Friday, July 27, 2018

Feds Investigating TV Station Owners Over Advertising Sales


The Justice Department is investigating whether television station owners violated antitrust law in ways that inflated local television advertising prices, according to The Wall Street Journal citing people familiar with the matter.

The probe has examined whether Sinclair Broadcast Group Inc., Tribune Media Co. and other independent TV station owners coordinated efforts when their ad sales teams communicated with each other about their performance, potentially leading to higher rates for TV commercials, one of the people said.
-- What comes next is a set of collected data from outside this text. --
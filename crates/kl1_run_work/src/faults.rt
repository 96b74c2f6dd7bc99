// What is told of a source that is refused.

use kl1_lines::put_decimal;
use kl1_user_events::Refusal;
use std::alloc::AllocError;

/// The line, from 1, on which a source that is refused is bad.
fn line_of(refusal: Refusal) -> u64 {
    match refusal {
        Refusal::Source { line } => line,
        _ => 1,
    }
}

/// Why a source or a goal is refused, in words.
pub fn words_of(refusal: Refusal) -> &'static [u8] {
    match refusal {
        Refusal::Source { line: _line } => b"bad item",
        Refusal::Syntax => b"too long",
        Refusal::Exists => b"a module of this name is loaded",
        Refusal::NoShoen => b"no such shoen",
        Refusal::Ended => b"the shoen has ended",
        Refusal::Step => b"no such step",
        Refusal::Names => b"too many names",
        Refusal::Limit => b"a limit would be passed",
        Refusal::Journal => b"the journal is full",
        Refusal::Sessions => b"no session more or fewer",
        Refusal::Answer => b"no such exception to answer",
    }
}

/// Puts the line that tells why the source of a file is refused after the bytes. After an `Err` they are as they were.
pub fn put_fault(out: &mut Vec<u8>, name: &[u8], refusal: Refusal) -> Result<(), AllocError> {
    let before = out.len();
    match put_each(out, name, refusal) {
        Ok(()) => Ok(()),
        Err(error) => {
            out.truncate(before);
            Err(error)
        }
    }
}

/// Puts the parts of that line after the bytes. After an `Err` some of them may be there.
fn put_each(out: &mut Vec<u8>, name: &[u8], refusal: Refusal) -> Result<(), AllocError> {
    out.extend_from_slice(name)?;
    out.extend_from_slice(b":")?;
    put_decimal(out, line_of(refusal))?;
    out.extend_from_slice(b": ")?;
    out.extend_from_slice(words_of(refusal))?;
    out.extend_from_slice(b"\n")
}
Companies like Sinclair and Tribune own dozens of local TV stations that carry programming from national broadcast networks like ABC, CBS, NBC and Fox.

“It is our policy not to comment on a potential investigation,” said a Sinclair spokesman. “It is our understanding that this is not specific to Sinclair but focuses on the larger broadcast industry.”

A spokesman for Tribune declined to comment.

Government officials stumbled across the alleged ad sales practice during their review of Sinclair’s $3.9 billion proposed acquisition of Tribune, the people familiar with the matter said. Federal Communications Commission Chairman Ajit Pai put that deal in jeopardy last week by referring the matter to an administrative law judge. Mr. Pai said Sinclair hadn’t been candid in its filings with the telecom regulator.

The two station groups submitted detailed documents during their merger review process.